As we got closer, I worried about infringing on the personal space of the other participants. Then I remembered that oceans and thousands of miles separated me from them, and wasn’t the main goal to abandon the notion of personal space? So I tried to settle into intimacy.
“What happens in virtual reality is the feeling of completely forgetting the existence of the external world,” says Agnieszka Sekula, a PhD candidate at the Australian Center for Human Psychopharmacology and co-founder of a company that uses virtual reality to enhance psychedelic therapy. “So there’s definitely a similarity to that feeling of experiencing an alternate reality under psychedelics that feels more real than what’s actually there.”
But, he adds, “there are definitely differences between what a psychedelic experience feels like and what virtual reality feels like.” Because of this, he appreciates that Isness-D is charting a new path to transcendence rather than merely imitating one that already existed.
More research is needed on the lasting effects of an Isness-D experience and whether virtual reality in general can induce psychedelic-like benefits.
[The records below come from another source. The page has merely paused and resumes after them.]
impl<L: Log + Drop, I: LogIo<L> + Drop, S: PurgeEnded + SnapshotSource + Drop> PoolInstance<
    L,
    I,
    S,
> {
    ghost use Rattle.std.specs.Prelude.{[], ◌∷◌, Contains, MatchOption};
    ghost use Rattle.pool_instance.specs.Parts.{ids_in};
    ghost use Rattle.pool_backend.specs.Pool.{AnswersAs, DoesFor, IsNewPool, failure_for};

    /// Creates a backend of an instance without requests that wait. At most `most` can wait at
    /// once: the memory for them is allocated here.
    pub fn new(
        alloc: Global,
        instance: Instance<L, S>,
        log_io: I,
        routes: Routes,
        timeouts: Timeouts,
        most: usize,
    ) -> Result<Self, AllocError>
        ensures { IfOk result (IsNewPool instance) }
    {
        let waiting = WaitingList::new(alloc, most)?;
        let purges = instance.purges();
        Ok(PoolInstance {
            instance,
            log_io,
            routes,
            timeouts,
            waiting,
            looked: 0,
            is_unchecked: false,
            refused: None,
            silent_until: Duration::ZERO,
            log_patience: Duration::ZERO,
            did: false,
            advanced: Duration::ZERO,
            purges,
        })
    }

    /// Returns the instance.
    pub fn instance(&self) -> &Instance<L, S>
        ensures { result.now ≡ instance_of self.now }
    {
        &self.instance
    }

    // Returns true if the instance may act for the USS of a call, as far as that is known.
    fn is_assigned(&self, call: &Call) -> bool {
        match &call.caller {
            Some(caller) => {
                !self.instance.log().is_read() || self.instance.log().admits(caller.uss.text())
            }
            None => true,
        }
    }

    // Records that a request of a USS was refused, so that the next advance logs it. Only one a
    // minute is logged.
    fn note_refused(&mut self, call: &Call, now: Duration)
        ensures { IsSame self.old self.new }
    {
        if now < self.silent_until || self.refused.is_some() {
            return;
        }
        if let Ok(uss) = uss_of(call) {
            self.refused = uss;
        }
    }

    // Gives a request to the instance, where it waits.
    fn queue(
        &mut self,
        alloc: Global,
        moment: u64,
        request: PoolRequest,
        uss: Option<UssId>,
        now: Duration,
    ) -> Received
        requires early { (a : Airspace) (time : ℕ)
            → find (breaks a time (call_of request)) early_rules ≡ None }
        requires room { HasRoom self.old.waiting }
        ensures { ReceivesAs L.Log S.Space moment (call_of request) result self.old self.new }
    {
        match self.instance.queue(alloc, moment, request) {
            Ok(ticket) => {
                self.waiting.push(ticket, uss, now);
                let is_read = self.instance.log().is_read();
                self.is_unchecked = self.is_unchecked | !is_read;
                Received::Waits(ticket)
            }
            Err(_) => Received::Refused(Unavailable::Unreachable),
        }
    }

    // Receives a request that breaks none of P1 to P6.
    fn admit(
        &mut self,
        alloc: Global,
        moment: u64,
        now: Duration,
        request: Request<'_>,
    ) -> Result<Received, AllocError>
        requires made { IsRequestFor request }
        requires early { (a : Airspace) (time : ℕ)
            → find (breaks a time request.call.now) early_rules ≡ None }
        ensures { Admits L.Log S.Space moment request.entry.call.now result self.old self.new }
    {
        if !self.is_assigned(request.call) {
            self.note_refused(request.call, now);
            return Ok(Received::Refused(Unavailable::Unassigned));
        }
        if !self.waiting.has_room() {
            return Err(AllocError);
        }
        let uss = uss_of(request.call)?;
        match request_of(alloc, &self.routes, request) {
            Ok(made) => Ok(self.queue(alloc, moment, made, uss, now)),
            Err(RequestFault::NoMemory) => Err(AllocError),
            Err(RequestFault::TooLong) => Ok(Received::Refused(Unavailable::Unreachable)),
        }
    }

    // Puts the outcome of a request that waits. If it does not wait, the outcome is dropped.
    fn give(&mut self, ticket: u64, outcome: Outcome)
        ensures instance { instance_of self.new ≡ instance_of self.old }
        ensures outcomes { MayGive ticket outcome (outcomes_of self.old) (outcomes_of self.new) }
    {
        if !self.waiting.remove(ticket) {
            return;
        }
        self.waiting.put(ticket, outcome);
    }

    // Fails a request. The instance may act for its USS, or not.
    fn fail(&mut self, ticket: u64, is_assigned: bool)
        ensures { DoesBy L.Log S.Space IsFailure self.old self.new }
    {
        let Some(unanswered) = self.instance.fail(ticket) else {
            let _ = self.waiting.remove(ticket);
            return;
        };
        let reason = reason_of(is_assigned, unanswered);
        self.give(ticket, Outcome::Unavailable(reason));
    }

    // Logs a USS for which the instance may not act.
    fn log_refused<J: ServerLog>(&mut self, now: Duration, journal: &mut J)
        ensures { IsSame self.old self.new }
    {
        if let Some(uss) = self.refused.take() {
            journal.unassigned(uss.text());
            self.silent_until = now.saturating_add(Duration::from_millis(UNASSIGNED_SILENCE));
        }
    }

    // Returns the first request of a USS for which the instance may not act. Logs it once a minute.
    fn next_unassigned<J: ServerLog>(&mut self, now: Duration, journal: &mut J) -> Option<u64>
        ensures { IsSame self.old self.new }
    {
        let (ticket, uss) = self.waiting.first_unassigned(self.instance.log())?;
        if now >= self.silent_until {
            journal.unassigned(uss.text());
            self.silent_until = now.saturating_add(Duration::from_millis(UNASSIGNED_SILENCE));
        }
        Some(ticket)
    }

    // Fails the requests of USSs for which the instance may not act, once that is known.
    fn check_waiting<J: ServerLog>(&mut self, now: Duration, journal: &mut J)
        ensures { DoesBy L.Log S.Space IsFailure self.old self.new }
    {
        if !self.is_unchecked || !self.instance.log().is_read() {
            return;
        }
        self.is_unchecked = false;
        for _ in 0..self.waiting.len() {
            let Some(ticket) = self.next_unassigned(now, journal) else {
                return;
            };
            self.fail(ticket, false);
        }
    }

    // Fails all requests once the instance has ended.
    fn fail_if_ended(&mut self)
        ensures { DoesBy L.Log S.Space IsFailure self.old self.new }
    {
        if !self.instance.is_ended() {
            return;
        }
        self.fail_all();
    }

    // Fails the requests whose time is over.
    fn fail_late(&mut self, now: Duration)
        ensures { DoesBy L.Log S.Space IsFailure self.old self.new }
    {
        for _ in 0..self.waiting.len() {
            let Some(ticket) = self.waiting.first_late(&self.instance, self.timeouts, now) else {
                return;
            };
            self.fail(ticket, true);
        }
    }

    // Fails all requests.
    fn fail_all(&mut self)
        ensures { DoesBy L.Log S.Space IsFailure self.old self.new }
    {
        for _ in 0..self.waiting.len() {
            let Some(ticket) = self.waiting.first() else {
                return;
            };
            self.fail(ticket, true);
        }
    }

    // Fails a request that has no reply, and returns the reason for status 503.
    fn give_up(&mut self, ticket: u64) -> Unavailable
        requires { Contains (ids_in (instance_of self.old)) ticket }
        ensures { DoesFor L.Log S.Space (failure_for result ticket ∷ []) self.old self.new }
    {
        match self.instance.fail(ticket) {
            Some(unanswered) => reason_of(true, unanswered),
            None => unreachable!(),
        }
    }

    // Answers a request that waited for the end of the log and can be answered now. Returns `None` if
    // it cannot, or if it waits for the next batch from now on.
    fn answer_waiting(&mut self, alloc: Global, moment: u64, ticket: u64) -> Option<Outcome>
        ensures { MatchOption result (DoesFor L.Log S.Space [] self.old self.new)
            (λ outcome. AnswersAs L.Log S.Space moment ticket outcome self.old self.new) }
    {
        if self.instance.is_ended() {
            return None;
        }
        match self.instance.answer_as(alloc, moment, ticket) {
            Ok(Some(outcome)) => Some(outcome_of(outcome)),
            Ok(None) => None,
            Err(_) => Some(Outcome::Unavailable(self.give_up(ticket))),
        }
    }

    // Puts the replies to requests.
    fn give_all(&mut self, told: Vec<(u64, Reply)>)
        ensures instance { instance_of self.new ≡ instance_of self.old }
        ensures outcomes { GivesAmong told.items (outcomes_of self.old) (outcomes_of self.new) }
    {
        let mut rest = VecDeque::from_vec(told);
        for _ in 0..rest.len() {
            let Some(first) = rest.pop_front() else {
                return;
            };
            self.give(first.0, Outcome::Replied(first.1));
        }
    }

    // Takes the entries that the log gives. Returns true if it took any.
    fn take_entries(&mut self, alloc: Global, routes: &Routes) -> bool
        ensures { (moment : Option ℕ) (held : Bool) → DoesBy L.Log S.Space
            (MayDo (retention_of self.old) moment held) self.old self.new }
    {
        for count in 0..ENTRIES {
            let Ok(Some(told)) = self.instance.take(alloc, routes) else {
                return count > 0;
            };
            self.give_all(told);
        }
        true
    }

    // Asks the log, offers to it, moves its bytes, and takes what it gives. Returns true if it gave
    // anything.
    fn advance_log(
        &mut self,
        alloc: Global,
        routes: &Routes,
        moment: Option<u64>,
        is_held: bool,
        now: Duration,
    ) -> bool
        ensures { DoesBy L.Log S.Space (MayDo (retention_of self.old) moment is_held)
            self.old self.new }
    {
        ask_and_offer(alloc, &mut self.instance, moment, is_held);
        let log_patience = self.instance.advance_log(&mut self.log_io, now);
        self.log_patience = log_patience;
        let learned = learn_ends(&mut self.instance);
        let took = self.take_entries(alloc, routes);
        learned | took
    }

    // Returns what purges removed since the last time.
    fn report_purges(&mut self) -> Progress
        ensures { IsSame self.old self.new }
    {
        let purges = self.instance.purges();
        let before = mem::replace(&mut self.purges, purges);
        let removed = purges.removed.saturating_sub(before.removed) as usize;
        let removed = if removed > 0 { Some(removed) } else { None };
        Progress {
            store: None,
            purged: match removed {
                Some(count) => Some(Ok(count)),
                None => None,
            },
            removed,
        }
    }

    // Returns the metrics of the instance and its log.
    fn metrics(&self, now: Duration) -> PoolMetrics {
        let LogStatus {
            revision,
            open,
            silence,
            differing,
        } = self.log_io.status(self.instance.log(), now);
        PoolMetrics {
            entries: self.instance.taken(),
            waiting: self.instance.waiting(),
            open,
            revision,
            silence,
            differing,
            heard: self.instance.heard(),
            purged_until: self.instance.purges().until,
        }
    }
}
The prevailing theory about how psychedelics improve clinical outcomes (a far from settled debate) is that their effect is driven as much by the subjective experience of a trip as by the drug’s neurochemical effect on the brain. Because virtual reality only reflects subjective experience, its clinical benefit, which has not yet been rigorously tested, may not be as strong.
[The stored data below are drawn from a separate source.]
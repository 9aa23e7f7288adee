// The pair of numbers on which the extended gcd takes the most steps.
#![tactic(auto)]

ghost use Rattle.std.specs.Prelude.{◌≤◌, ◌≡◌};
ghost use Rattle.worst_pair.specs.WorstPair.{limit_fits, Finds, Answers};

use common::Refusal;

// Two numbers, and their steps.
#[derive(Clone, Copy)]
pub struct WorstPair {
    pub a: usize,
    pub b: usize,
    pub steps: usize,
}

fn limit_fits(limit: i64) -> bool
    ensures { result ≡ limit_fits limit }
{
    1 <= limit && limit <= 1000000
}

// Neighbours in Fibonacci's row, as far as the limit goes.
fn neighbours(limit: usize) -> WorstPair
    requires le_limit { 1 ≤ limit }
    requires limit_bound { limit ≤ 1000000 }
    ensures { Finds limit result }
{
    let mut a: usize = 1;
    let mut b: usize = 1;
    let mut steps: usize = 1;
    // A `while`: Fibonacci's row has no index and no list to go over.
    while a + b <= limit {
        let next = a + b;
        a = b;
        b = next;
        steps += 1;
    }
    WorstPair { a, b, steps }
}

// A limit outside 1 to 1,000,000 is refused.
pub fn worst_pair(limit: i64) -> Result<WorstPair, Refusal>
    ensures { Answers limit result }
{
    if !limit_fits(limit) {
        return Err(Refusal::OutsideLimits);
    }
    Ok(neighbours(limit as usize))
}
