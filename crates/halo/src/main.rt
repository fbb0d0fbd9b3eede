//! The command `halo`: it asks the machine for its words, hands what came of it to `run_words` with
//! the files and the standard output, and ends with the status that this answers.
#![tactic(auto)]

use halo_io::{FileShelf, OutSink};
use halo_top::{NoWords, run_words};
use std::env::Env;
use std::process::ExitCode;
use std::{env, io};

// The words behind the program's name, or why they are not to be had.
fn words<R: Env + AllocGlobal>(rt: &R) -> Result<Vec<String>, NoWords> {
    match env::args(rt) {
        Ok(all) => all.skip(1).collect(rt.alloc()).map_err(|_| NoWords::Memory),
        Err(error) if error.kind() == io::ErrorKind::OutOfMemory => Err(NoWords::Memory),
        Err(_) => Err(NoWords::Refused),
    }
}

fn main(rt: HostRuntime) -> ExitCode {
    ExitCode::from(run_words(
        rt.alloc(),
        words(&rt),
        &mut FileShelf::new(&rt),
        &mut OutSink::new(&rt),
    ))
}
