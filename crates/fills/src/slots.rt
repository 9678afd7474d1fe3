// What a value is written as: a float, or the eight bytes of its bits.
ghost use Rattle.std.specs.Prelude.{◌≡◌, ℕ, ◌+◌, ◌≤◌, List, [], ◌∷◌, length, T, not, Float, refl};
ghost use Rattle.std.specs.Float.Ieee.{is_nan};
ghost use Rattle.fills.specs.Fills.{bits_of, over};
ghost use Rattle.rules.proofs.Numbers.{length-bytes};

// An item of which a fixed number stands for a value.
pub(crate) trait Slot: Copy {
    // The items that a value becomes, and how many they are.
    ghost items: { Float → List Self };

    ghost WIDTH: { ℕ };

    const WIDTH: usize;

    // The items of a value that is no NaN, from `at` on.
    fn put(value: f64, out: &mut [Self], at: usize)
        requires no_nan { T (not (is_nan value)) }
        requires at_in_bounds { at + WIDTH ≤ length out.old }
        ensures { out.new ≡ over out.old at (items value) };

    ghost each: { (v : Float) → length (items v) ≡ WIDTH };
}

impl Slot for f64 {
    ghost items = { λ v. v ∷ [] };

    ghost WIDTH = { 1 };

    ghost each = { λ v. refl };

    const WIDTH: usize = 1;

    fn put(value: f64, out: &mut [f64], at: usize) {
        out[at] = value;
    }
}

impl Slot for u8 {
    ghost items = { bits_of };

    ghost WIDTH = { 8 };

    ghost each = { λ v. length-bytes 0 8 _ };

    const WIDTH: usize = 8;

    fn put(value: f64, out: &mut [u8], at: usize) {
        numbers::put_u64(scale::bits(value), 0, out, at);
    }
}
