// Samples at the rail, the lowest or the highest number of their type, and how many there are.
ghost use Rattle.std.specs.Prelude.{◌≡◌, ◌≤◌, length};
ghost use Rattle.rules.specs.Points.{at_rail, mark_number, mark_count_of};

// Whether a sample of `size` bytes stands at the rail.
pub fn at_rail(sample: i16, size: usize) -> bool
    requires { (1 ≤ size) × (size ≤ 2) }
    ensures { result ≡ at_rail size sample }
{
    if size == 1 {
        return (sample == -128) | (sample == 127);
    }
    (sample == -32768) | (sample == 32767)
}

// How many of sixty-four samples of `size` bytes stand at the rail. The size is tested once, and the loop compiles to vector compares.
pub(crate) fn count_marks(samples: &[i16; 64], size: usize) -> usize
    requires le_size { (1 ≤ size) × (size ≤ 2) }
    requires samples_len { length samples.now ≡ 64 }
    ensures { result ≡ mark_count_of size samples.now }
{
    let mut n: u16 = 0;
    for sample in samples {
        n += mark_number(at_rail(*sample, size));
    }
    usize::from(n)
}

// 1 for a mark and 0 for none, in 16 bits as the samples are: so a vector instruction adds as many marks as it compares samples.
pub fn mark_number(mark: bool) -> u16
    ensures { result ≡ mark_number mark }
{
    u16::from(mark)
}
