// Cells saved as cell files (document 02, wish 1): the bytes of a cell, written into a lent buffer.
// Promise: for every cell and every list of bytes the answer is that of crate format's specs/Saved.antt, by its number and by each byte.
// Nothing is required of a caller who saves. A refusal, 8 for the room last of all, leaves the buffer as it was.
#![tactic(auto)]

mod chains;
mod layout;

ghost use Rattle.std.specs.Prelude.{◌≡◌, ◌≤◌, length};
ghost use Rattle.refusal.specs.Answer as answer;
ghost use Rattle.format.specs.File.{stated_length};
ghost use Rattle.format.specs.Saved.{saved_file, saved_in, save_cell, save_file};
ghost use Rattle.text.specs.Written.{Wrote};
ghost use Rattle.cell.specs.Value.{circuit_of};
ghost use Rattle.cell.specs.Counted.{Counted};
ghost use Rattle.writer.specs.Saving.{Saves};

use cell::Cell;
use cell::size::stated_length;
use chains::put_chain;
use layout::header_bytes;
use refusal::Refusal;
use text::put_bytes;

// The file of a cell, from the start of the buffer on; where it ends.
fn put_file(out: &mut [u8], cell: Cell) -> usize
    requires { Counted cell.header × (stated_length cell.header ≤ length out.old) }
    ensures { Wrote out.old out.new 0 (saved_file (circuit_of cell)) result }
{
    let header = cell.header;
    let transistors_from = 1 + header.nodes;
    let entries_from = transistors_from + header.transistors;
    let first = header_bytes(header);
    let second = put_bytes(out, 0, &first);
    let third = put_chain(out, second, 1, cell.nodes, header.nodes);
    let fourth = put_chain(
        out,
        third,
        transistors_from,
        cell.transistors,
        header.transistors,
    );
    put_chain(out, fourth, entries_from, cell.schedule, header.entries)
}

// 8 where the buffer is shorter than the file, else the file, and its length.
fn save_legal(out: &mut [u8], cell: Cell) -> Result<u32, Refusal>
    requires { Counted cell.header }
    ensures { Saves out.old out.new (saved_in (length out.old) (answer.answered (circuit_of cell))) result }
{
    if out.len() < stated_length(cell.header) {
        return Err(Refusal::Buffer);
    }
    let end = put_file(out, cell);
    Ok(end as u32)
}

// A cell handed over as a value: 2, 4, 5, then 8.
pub fn save_cell(out: &mut [u8], cell: Cell) -> Result<u32, Refusal>
    ensures { Saves out.old out.new (save_cell (length out.old) (circuit_of cell)) result }
{
    cell.check()?;
    save_legal(out, cell)
}

// A cell file of any bytes: 1 to 5 in the reader's order, then 8.
pub fn save_file(out: &mut [u8], file: &[u8]) -> Result<u32, Refusal>
    ensures { Saves out.old out.new (save_file (length out.old) file.now) result }
{
    let cell = Cell::read(file)?;
    save_legal(out, cell)
}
We moved even closer, until we found ourselves in the center of the circle: four clumps of smoke coming together.
Jacob Aday, a psychiatry researcher at the University of California, San Francisco, says he wishes the study had measured participants’ mental well-being. He believes virtual reality can likely reduce the default mode network—a brain network that’s active when our thoughts aren’t directed toward a specific task and that psychedelics can suppress (scientists theorize that this is what causes the death of the ego). People who are shown impressive videos have decreased activity on this network. VR is better at inducing awe than regular video, so Isness-D could cut that too.
Already, a startup called aNUma that grew out of Glowacki’s lab lets anyone with a VR headset sign up for Isness sessions on a weekly basis. The startup sells an abbreviated version of Isness-D to companies for virtual wellness retreats and offers a similar experience called Ripple to help patients, their families and caregivers cope with terminal illness. A co-author of the paper describing Isness-D is even testing it in couple and family therapy.
“What we’ve found is that depicting people as pure luminosity really frees them from a lot of judgment and projection,” says Glowacki. This includes negative thoughts about your body and prejudice. He has personally facilitated aNUma sessions for cancer patients and their loved ones. One, a woman with pancreatic cancer, died days later. The last time she and her friends got together she was like a jumble of balls of light.
During one phase of my Isness-D experience, the movement created a short electrical path that marked where I had been. After a few moments of this, the narration prompts, “How does it feel to see the past?” I started thinking about people from my past that I missed or hurt. In sloppy cursive, I used my finger to write their names in the air. As quickly as I scribbled them down, I watched them disappear.